PROBLEM REQUIREMENTS —
Output only the span of lines that begins at the line containing "if let Some(found)" and ends at the last line of the data, both included, exactly as they appear.

-------- RECORDS PROVIDED --------

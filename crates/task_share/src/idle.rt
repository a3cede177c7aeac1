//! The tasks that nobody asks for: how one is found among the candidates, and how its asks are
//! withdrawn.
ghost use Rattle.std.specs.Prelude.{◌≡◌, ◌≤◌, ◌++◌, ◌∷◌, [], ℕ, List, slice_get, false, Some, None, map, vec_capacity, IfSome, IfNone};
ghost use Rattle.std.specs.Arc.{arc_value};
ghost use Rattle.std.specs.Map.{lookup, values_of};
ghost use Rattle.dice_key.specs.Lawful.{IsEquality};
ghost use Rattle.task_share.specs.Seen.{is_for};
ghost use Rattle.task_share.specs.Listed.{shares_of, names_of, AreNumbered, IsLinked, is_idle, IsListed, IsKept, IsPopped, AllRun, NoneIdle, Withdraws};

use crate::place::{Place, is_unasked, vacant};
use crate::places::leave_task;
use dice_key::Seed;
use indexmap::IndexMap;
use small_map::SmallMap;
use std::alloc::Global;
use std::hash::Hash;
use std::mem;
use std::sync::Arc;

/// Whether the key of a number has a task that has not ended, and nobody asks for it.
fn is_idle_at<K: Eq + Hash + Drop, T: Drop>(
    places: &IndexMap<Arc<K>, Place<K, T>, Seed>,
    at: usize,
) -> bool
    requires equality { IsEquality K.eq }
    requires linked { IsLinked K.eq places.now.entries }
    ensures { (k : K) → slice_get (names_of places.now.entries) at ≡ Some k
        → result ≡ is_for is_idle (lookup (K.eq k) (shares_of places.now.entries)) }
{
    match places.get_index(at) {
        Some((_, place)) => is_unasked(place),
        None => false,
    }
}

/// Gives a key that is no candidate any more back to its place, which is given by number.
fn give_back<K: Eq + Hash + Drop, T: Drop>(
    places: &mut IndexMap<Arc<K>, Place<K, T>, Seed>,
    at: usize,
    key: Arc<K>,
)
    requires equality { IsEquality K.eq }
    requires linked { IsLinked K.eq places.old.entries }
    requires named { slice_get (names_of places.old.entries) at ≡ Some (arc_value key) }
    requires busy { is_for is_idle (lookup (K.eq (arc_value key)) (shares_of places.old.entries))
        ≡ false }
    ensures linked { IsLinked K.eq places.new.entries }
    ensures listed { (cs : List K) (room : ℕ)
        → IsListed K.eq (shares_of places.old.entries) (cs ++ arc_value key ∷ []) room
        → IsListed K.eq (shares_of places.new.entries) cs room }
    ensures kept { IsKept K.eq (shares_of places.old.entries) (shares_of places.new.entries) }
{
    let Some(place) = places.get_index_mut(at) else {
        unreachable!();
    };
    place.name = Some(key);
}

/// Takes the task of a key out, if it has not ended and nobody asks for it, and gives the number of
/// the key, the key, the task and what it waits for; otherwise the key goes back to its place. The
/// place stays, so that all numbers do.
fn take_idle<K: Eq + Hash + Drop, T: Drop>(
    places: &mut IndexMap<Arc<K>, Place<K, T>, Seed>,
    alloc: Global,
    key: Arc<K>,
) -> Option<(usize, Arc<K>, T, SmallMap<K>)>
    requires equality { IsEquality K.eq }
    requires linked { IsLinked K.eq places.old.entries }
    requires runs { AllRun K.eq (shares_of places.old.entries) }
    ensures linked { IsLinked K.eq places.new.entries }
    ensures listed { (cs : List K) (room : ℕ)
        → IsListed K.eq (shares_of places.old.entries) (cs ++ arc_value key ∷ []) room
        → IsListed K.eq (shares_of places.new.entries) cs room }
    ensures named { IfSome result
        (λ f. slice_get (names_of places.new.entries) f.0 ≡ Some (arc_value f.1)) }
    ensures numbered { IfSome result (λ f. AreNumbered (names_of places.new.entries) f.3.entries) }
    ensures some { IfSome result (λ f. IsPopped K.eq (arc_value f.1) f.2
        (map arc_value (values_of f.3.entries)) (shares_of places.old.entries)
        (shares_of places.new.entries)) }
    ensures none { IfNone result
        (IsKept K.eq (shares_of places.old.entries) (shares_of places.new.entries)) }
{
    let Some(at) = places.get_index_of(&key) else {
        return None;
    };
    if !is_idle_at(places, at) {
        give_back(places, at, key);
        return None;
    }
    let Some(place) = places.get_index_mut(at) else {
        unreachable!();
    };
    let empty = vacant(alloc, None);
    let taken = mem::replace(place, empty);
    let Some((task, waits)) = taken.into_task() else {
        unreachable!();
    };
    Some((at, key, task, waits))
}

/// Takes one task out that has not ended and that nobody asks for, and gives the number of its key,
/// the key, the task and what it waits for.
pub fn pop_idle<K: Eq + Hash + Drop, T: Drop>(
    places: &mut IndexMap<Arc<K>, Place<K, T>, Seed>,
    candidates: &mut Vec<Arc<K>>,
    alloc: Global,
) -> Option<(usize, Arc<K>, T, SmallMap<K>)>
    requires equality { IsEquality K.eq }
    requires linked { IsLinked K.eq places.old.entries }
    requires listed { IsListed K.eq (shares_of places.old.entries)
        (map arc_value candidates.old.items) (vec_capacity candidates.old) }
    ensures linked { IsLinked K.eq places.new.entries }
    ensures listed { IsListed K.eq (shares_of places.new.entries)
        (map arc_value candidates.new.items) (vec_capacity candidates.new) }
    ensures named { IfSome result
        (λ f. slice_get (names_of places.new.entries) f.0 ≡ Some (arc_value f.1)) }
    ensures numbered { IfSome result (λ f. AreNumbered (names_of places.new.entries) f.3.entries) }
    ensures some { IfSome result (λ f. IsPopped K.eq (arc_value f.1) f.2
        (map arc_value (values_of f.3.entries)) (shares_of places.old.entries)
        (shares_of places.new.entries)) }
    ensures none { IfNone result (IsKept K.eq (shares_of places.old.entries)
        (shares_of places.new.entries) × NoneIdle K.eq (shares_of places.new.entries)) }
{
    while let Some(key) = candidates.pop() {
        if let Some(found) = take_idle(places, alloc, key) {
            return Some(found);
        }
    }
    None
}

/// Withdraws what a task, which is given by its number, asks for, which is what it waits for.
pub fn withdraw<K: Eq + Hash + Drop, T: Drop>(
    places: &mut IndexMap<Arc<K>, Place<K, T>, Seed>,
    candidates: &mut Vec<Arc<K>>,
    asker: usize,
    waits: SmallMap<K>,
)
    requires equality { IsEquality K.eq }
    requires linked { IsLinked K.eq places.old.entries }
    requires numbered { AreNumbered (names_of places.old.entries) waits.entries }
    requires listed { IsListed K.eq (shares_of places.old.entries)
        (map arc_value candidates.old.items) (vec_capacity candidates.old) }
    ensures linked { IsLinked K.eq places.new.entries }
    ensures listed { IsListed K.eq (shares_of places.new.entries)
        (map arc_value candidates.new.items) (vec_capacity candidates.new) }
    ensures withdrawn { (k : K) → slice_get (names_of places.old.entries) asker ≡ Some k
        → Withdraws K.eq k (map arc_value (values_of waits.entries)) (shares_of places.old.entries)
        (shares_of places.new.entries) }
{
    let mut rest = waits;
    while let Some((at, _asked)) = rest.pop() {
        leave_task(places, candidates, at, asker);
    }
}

--------

ANSWER TO THIS EXERCISE —
        if let Some(found) = take_idle(places, alloc, key) {
            return Some(found);
        }
    }
    None
}

/// Withdraws what a task, which is given by its number, asks for, which is what it waits for.
pub fn withdraw<K: Eq + Hash + Drop, T: Drop>(
    places: &mut IndexMap<Arc<K>, Place<K, T>, Seed>,
    candidates: &mut Vec<Arc<K>>,
    asker: usize,
    waits: SmallMap<K>,
)
    requires equality { IsEquality K.eq }
    requires linked { IsLinked K.eq places.old.entries }
    requires numbered { AreNumbered (names_of places.old.entries) waits.entries }
    requires listed { IsListed K.eq (shares_of places.old.entries)
        (map arc_value candidates.old.items) (vec_capacity candidates.old) }
    ensures linked { IsLinked K.eq places.new.entries }
    ensures listed { IsListed K.eq (shares_of places.new.entries)
        (map arc_value candidates.new.items) (vec_capacity candidates.new) }
    ensures withdrawn { (k : K) → slice_get (names_of places.old.entries) asker ≡ Some k
        → Withdraws K.eq k (map arc_value (values_of waits.entries)) (shares_of places.old.entries)
        (shares_of places.new.entries) }
{
    let mut rest = waits;
    while let Some((at, _asked)) = rest.pop() {
        leave_task(places, candidates, at, asker);
    }
}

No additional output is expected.